- **Directions for this task**
Reproduce the opening lines of the records exactly, please, stopping after the line that contains "step = steps(st, &block[..n], room);".

------ Records for the task

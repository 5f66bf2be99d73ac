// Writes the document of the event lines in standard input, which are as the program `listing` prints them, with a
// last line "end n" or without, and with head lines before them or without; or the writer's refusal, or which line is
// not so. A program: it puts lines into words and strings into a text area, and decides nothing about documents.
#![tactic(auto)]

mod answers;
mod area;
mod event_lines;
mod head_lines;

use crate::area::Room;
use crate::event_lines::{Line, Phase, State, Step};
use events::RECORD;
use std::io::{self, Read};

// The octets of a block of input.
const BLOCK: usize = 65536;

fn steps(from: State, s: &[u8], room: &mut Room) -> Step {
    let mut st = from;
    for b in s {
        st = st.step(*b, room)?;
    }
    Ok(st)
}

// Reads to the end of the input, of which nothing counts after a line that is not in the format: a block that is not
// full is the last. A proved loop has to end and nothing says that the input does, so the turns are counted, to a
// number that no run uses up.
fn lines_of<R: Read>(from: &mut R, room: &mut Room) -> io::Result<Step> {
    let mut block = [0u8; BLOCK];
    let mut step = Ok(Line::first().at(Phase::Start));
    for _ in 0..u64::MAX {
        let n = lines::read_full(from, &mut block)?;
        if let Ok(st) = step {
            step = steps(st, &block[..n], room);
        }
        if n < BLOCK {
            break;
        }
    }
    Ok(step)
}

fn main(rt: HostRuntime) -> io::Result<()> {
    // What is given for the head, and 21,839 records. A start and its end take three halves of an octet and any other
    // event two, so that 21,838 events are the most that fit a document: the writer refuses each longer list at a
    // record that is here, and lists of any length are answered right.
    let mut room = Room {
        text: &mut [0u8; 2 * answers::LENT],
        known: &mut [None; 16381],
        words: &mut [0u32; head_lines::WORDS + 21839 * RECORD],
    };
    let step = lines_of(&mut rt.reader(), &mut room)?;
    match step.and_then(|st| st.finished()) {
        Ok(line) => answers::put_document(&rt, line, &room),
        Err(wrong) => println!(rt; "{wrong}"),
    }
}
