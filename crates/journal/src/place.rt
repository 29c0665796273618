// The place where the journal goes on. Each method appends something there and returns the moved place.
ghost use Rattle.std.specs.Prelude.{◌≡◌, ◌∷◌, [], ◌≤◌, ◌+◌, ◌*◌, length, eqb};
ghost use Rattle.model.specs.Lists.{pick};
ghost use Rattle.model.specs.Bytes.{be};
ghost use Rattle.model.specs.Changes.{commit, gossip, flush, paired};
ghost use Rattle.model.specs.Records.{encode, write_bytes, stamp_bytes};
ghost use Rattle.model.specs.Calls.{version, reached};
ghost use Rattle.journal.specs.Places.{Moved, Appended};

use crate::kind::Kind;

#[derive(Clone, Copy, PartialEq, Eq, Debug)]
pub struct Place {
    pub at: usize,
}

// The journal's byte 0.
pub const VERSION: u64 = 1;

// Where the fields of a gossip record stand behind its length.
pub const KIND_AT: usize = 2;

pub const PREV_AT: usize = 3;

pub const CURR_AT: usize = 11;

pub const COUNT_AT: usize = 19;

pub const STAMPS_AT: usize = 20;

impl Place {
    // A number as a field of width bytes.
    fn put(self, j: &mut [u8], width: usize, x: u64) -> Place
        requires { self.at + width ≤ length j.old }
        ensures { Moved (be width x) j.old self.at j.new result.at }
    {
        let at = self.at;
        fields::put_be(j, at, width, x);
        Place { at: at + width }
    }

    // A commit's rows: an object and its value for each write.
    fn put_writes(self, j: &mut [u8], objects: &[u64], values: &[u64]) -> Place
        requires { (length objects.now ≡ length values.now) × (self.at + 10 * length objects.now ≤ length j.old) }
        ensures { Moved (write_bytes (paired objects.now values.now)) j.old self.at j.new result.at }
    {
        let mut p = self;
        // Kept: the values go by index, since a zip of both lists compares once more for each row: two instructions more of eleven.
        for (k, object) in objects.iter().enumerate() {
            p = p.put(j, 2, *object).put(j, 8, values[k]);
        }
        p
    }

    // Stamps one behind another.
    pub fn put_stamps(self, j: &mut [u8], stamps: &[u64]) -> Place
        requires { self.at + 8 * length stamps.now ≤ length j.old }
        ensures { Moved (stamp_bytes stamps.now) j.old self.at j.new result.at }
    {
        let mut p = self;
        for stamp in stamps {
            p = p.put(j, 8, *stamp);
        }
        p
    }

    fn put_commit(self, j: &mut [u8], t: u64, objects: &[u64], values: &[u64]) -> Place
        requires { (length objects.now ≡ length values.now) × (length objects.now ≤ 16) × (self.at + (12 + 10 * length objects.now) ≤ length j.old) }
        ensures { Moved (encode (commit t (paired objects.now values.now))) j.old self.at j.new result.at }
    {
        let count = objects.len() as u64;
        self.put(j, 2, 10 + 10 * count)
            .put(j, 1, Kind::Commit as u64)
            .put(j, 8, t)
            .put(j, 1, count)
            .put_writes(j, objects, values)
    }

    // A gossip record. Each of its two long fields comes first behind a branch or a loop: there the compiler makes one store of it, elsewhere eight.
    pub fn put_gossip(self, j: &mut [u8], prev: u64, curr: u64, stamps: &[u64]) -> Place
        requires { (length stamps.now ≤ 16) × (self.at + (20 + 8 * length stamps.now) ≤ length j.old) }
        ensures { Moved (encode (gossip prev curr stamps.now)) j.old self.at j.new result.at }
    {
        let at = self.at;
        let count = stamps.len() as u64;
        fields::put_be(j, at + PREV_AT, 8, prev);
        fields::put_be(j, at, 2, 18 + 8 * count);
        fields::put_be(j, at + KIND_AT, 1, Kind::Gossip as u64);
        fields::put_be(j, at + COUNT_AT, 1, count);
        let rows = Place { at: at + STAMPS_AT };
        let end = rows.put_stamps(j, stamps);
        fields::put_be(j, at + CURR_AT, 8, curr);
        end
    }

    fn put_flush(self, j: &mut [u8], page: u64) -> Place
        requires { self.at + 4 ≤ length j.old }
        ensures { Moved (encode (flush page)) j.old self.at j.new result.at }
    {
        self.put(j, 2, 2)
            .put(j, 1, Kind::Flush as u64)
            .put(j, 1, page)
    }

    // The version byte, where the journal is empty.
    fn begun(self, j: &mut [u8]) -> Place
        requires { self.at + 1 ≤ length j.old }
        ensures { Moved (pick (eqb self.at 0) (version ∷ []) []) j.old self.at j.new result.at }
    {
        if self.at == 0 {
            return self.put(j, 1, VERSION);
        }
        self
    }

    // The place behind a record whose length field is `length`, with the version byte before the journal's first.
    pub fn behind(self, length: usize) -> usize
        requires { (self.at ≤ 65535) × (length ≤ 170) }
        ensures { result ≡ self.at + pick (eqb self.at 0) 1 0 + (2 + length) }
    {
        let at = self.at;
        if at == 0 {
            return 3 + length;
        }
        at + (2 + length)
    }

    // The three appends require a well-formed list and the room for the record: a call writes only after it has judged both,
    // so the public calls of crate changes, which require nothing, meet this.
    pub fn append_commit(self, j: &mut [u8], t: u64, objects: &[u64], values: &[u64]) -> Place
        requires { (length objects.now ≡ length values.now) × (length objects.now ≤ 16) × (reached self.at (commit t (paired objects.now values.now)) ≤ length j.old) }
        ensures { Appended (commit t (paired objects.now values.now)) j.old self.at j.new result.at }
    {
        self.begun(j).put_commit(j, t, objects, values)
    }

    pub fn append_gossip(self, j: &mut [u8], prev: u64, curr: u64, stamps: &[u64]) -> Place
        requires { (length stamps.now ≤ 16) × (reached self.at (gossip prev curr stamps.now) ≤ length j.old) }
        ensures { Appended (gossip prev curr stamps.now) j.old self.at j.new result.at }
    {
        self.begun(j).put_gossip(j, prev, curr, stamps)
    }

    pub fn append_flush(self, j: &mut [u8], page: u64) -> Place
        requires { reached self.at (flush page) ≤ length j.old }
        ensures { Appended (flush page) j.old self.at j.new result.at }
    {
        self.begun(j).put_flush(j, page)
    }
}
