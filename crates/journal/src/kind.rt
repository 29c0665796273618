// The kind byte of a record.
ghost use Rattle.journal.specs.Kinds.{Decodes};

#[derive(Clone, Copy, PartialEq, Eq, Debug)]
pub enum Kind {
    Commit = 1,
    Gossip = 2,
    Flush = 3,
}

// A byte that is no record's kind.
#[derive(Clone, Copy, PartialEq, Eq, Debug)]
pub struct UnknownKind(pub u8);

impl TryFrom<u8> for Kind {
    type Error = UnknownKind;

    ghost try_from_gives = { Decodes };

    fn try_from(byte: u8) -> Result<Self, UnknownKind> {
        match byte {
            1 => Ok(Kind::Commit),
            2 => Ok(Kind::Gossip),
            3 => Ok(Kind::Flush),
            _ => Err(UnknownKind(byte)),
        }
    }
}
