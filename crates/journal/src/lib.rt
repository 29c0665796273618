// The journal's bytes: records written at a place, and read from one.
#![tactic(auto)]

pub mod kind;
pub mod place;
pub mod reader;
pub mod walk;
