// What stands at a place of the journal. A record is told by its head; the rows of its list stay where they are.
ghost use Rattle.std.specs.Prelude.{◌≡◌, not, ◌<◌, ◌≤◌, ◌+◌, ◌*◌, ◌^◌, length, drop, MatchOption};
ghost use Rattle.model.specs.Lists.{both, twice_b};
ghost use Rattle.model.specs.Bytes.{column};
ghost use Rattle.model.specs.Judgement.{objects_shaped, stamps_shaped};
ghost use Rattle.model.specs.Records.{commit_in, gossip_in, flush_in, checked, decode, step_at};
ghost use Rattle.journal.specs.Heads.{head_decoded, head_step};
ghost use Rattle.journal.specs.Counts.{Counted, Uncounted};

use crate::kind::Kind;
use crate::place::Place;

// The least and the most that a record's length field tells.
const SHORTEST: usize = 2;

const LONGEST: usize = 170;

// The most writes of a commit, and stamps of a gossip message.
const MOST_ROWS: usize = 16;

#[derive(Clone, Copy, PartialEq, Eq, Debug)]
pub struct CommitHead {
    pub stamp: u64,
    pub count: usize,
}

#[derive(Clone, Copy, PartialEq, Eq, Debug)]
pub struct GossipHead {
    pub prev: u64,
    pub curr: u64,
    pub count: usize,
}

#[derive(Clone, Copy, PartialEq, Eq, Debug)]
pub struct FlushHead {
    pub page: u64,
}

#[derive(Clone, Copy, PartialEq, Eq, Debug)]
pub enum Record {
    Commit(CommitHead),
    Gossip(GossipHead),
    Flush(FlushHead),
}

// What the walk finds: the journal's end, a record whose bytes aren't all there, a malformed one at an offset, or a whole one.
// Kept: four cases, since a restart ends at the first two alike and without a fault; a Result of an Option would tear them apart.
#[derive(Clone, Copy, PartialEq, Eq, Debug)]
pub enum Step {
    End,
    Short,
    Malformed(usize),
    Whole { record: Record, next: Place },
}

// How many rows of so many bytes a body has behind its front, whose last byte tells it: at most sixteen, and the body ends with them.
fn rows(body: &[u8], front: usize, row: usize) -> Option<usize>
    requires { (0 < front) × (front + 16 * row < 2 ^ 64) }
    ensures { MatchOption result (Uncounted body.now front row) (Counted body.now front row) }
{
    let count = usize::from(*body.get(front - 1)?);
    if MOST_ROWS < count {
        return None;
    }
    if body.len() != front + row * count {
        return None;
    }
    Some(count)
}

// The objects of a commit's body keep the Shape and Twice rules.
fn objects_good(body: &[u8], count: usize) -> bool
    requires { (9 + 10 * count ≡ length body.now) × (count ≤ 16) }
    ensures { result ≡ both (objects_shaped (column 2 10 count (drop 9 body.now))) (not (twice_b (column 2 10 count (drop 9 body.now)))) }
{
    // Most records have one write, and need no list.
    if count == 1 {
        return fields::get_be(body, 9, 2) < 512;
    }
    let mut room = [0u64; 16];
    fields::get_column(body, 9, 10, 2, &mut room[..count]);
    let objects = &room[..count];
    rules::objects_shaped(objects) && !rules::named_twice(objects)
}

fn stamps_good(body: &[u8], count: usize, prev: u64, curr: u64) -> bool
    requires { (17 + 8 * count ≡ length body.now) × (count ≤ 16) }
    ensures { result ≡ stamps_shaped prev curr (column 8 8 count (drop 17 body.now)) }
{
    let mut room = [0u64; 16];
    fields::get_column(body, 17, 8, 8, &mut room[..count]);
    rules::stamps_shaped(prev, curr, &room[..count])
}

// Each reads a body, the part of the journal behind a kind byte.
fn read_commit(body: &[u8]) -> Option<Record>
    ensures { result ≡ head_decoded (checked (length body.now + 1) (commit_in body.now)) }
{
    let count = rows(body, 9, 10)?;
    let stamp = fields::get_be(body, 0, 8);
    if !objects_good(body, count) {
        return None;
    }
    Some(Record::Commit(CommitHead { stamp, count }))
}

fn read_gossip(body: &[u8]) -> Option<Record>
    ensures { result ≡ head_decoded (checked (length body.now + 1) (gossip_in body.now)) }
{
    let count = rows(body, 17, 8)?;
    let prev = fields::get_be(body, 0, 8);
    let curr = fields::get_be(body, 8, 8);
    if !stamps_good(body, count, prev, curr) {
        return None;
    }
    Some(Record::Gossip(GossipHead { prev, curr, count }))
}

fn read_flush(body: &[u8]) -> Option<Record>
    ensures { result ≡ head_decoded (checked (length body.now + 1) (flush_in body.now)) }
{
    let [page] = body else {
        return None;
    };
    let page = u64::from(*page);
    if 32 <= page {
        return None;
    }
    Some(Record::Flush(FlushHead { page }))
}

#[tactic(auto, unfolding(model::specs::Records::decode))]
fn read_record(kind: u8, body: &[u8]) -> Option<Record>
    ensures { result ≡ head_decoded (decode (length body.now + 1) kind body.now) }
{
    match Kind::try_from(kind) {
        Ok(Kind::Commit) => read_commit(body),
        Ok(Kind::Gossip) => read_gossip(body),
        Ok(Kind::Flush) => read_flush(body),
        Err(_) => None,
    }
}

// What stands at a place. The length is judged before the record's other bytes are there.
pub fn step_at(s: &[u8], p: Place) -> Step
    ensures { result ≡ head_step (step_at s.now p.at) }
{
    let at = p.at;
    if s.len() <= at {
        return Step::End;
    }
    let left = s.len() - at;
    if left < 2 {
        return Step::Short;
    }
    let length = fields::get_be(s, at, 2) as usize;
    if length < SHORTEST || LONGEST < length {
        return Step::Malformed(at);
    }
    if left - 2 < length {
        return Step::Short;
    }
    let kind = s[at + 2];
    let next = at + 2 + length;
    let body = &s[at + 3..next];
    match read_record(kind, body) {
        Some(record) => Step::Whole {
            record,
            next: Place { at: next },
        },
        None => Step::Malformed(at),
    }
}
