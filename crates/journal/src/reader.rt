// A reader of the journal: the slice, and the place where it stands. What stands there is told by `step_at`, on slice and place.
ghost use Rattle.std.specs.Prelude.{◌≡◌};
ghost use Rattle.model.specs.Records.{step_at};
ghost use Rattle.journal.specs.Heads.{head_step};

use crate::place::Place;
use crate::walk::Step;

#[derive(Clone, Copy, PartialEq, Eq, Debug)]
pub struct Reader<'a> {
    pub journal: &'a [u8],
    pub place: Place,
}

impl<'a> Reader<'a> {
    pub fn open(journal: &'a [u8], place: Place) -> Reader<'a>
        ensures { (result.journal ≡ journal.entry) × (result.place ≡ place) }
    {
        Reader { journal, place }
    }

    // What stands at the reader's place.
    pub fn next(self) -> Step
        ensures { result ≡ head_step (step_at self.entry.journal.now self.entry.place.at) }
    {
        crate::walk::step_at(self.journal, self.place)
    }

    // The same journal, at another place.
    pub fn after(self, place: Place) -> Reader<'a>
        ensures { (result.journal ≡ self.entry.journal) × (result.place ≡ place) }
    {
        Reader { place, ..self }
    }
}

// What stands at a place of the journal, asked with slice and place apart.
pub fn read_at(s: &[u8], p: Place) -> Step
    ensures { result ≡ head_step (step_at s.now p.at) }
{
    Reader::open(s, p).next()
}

------------

- **Exercise answer**
repository 5f66bf2be99d73ac
// Writes the document of the event lines in standard input, which are as the program `listing` prints them, with a
// last line "end n" or without, and with head lines before them or without; or the writer's refusal, or which line is
// not so. A program: it puts lines into words and strings into a text area, and decides nothing about documents.
#![tactic(auto)]

mod answers;
mod area;
mod event_lines;
mod head_lines;

use crate::area::Room;
use crate::event_lines::{Line, Phase, State, Step};
use events::RECORD;
use std::io::{self, Read};

// The octets of a block of input.
const BLOCK: usize = 65536;

fn steps(from: State, s: &[u8], room: &mut Room) -> Step {
    let mut st = from;
    for b in s {
        st = st.step(*b, room)?;
    }
    Ok(st)
}

// Reads to the end of the input, of which nothing counts after a line that is not in the format: a block that is not
// full is the last. A proved loop has to end and nothing says that the input does, so the turns are counted, to a
// number that no run uses up.
fn lines_of<R: Read>(from: &mut R, room: &mut Room) -> io::Result<Step> {
    let mut block = [0u8; BLOCK];
    let mut step = Ok(Line::first().at(Phase::Start));
    for _ in 0..u64::MAX {
        let n = lines::read_full(from, &mut block)?;
        if let Ok(st) = step {
            step = steps(st, &block[..n], room);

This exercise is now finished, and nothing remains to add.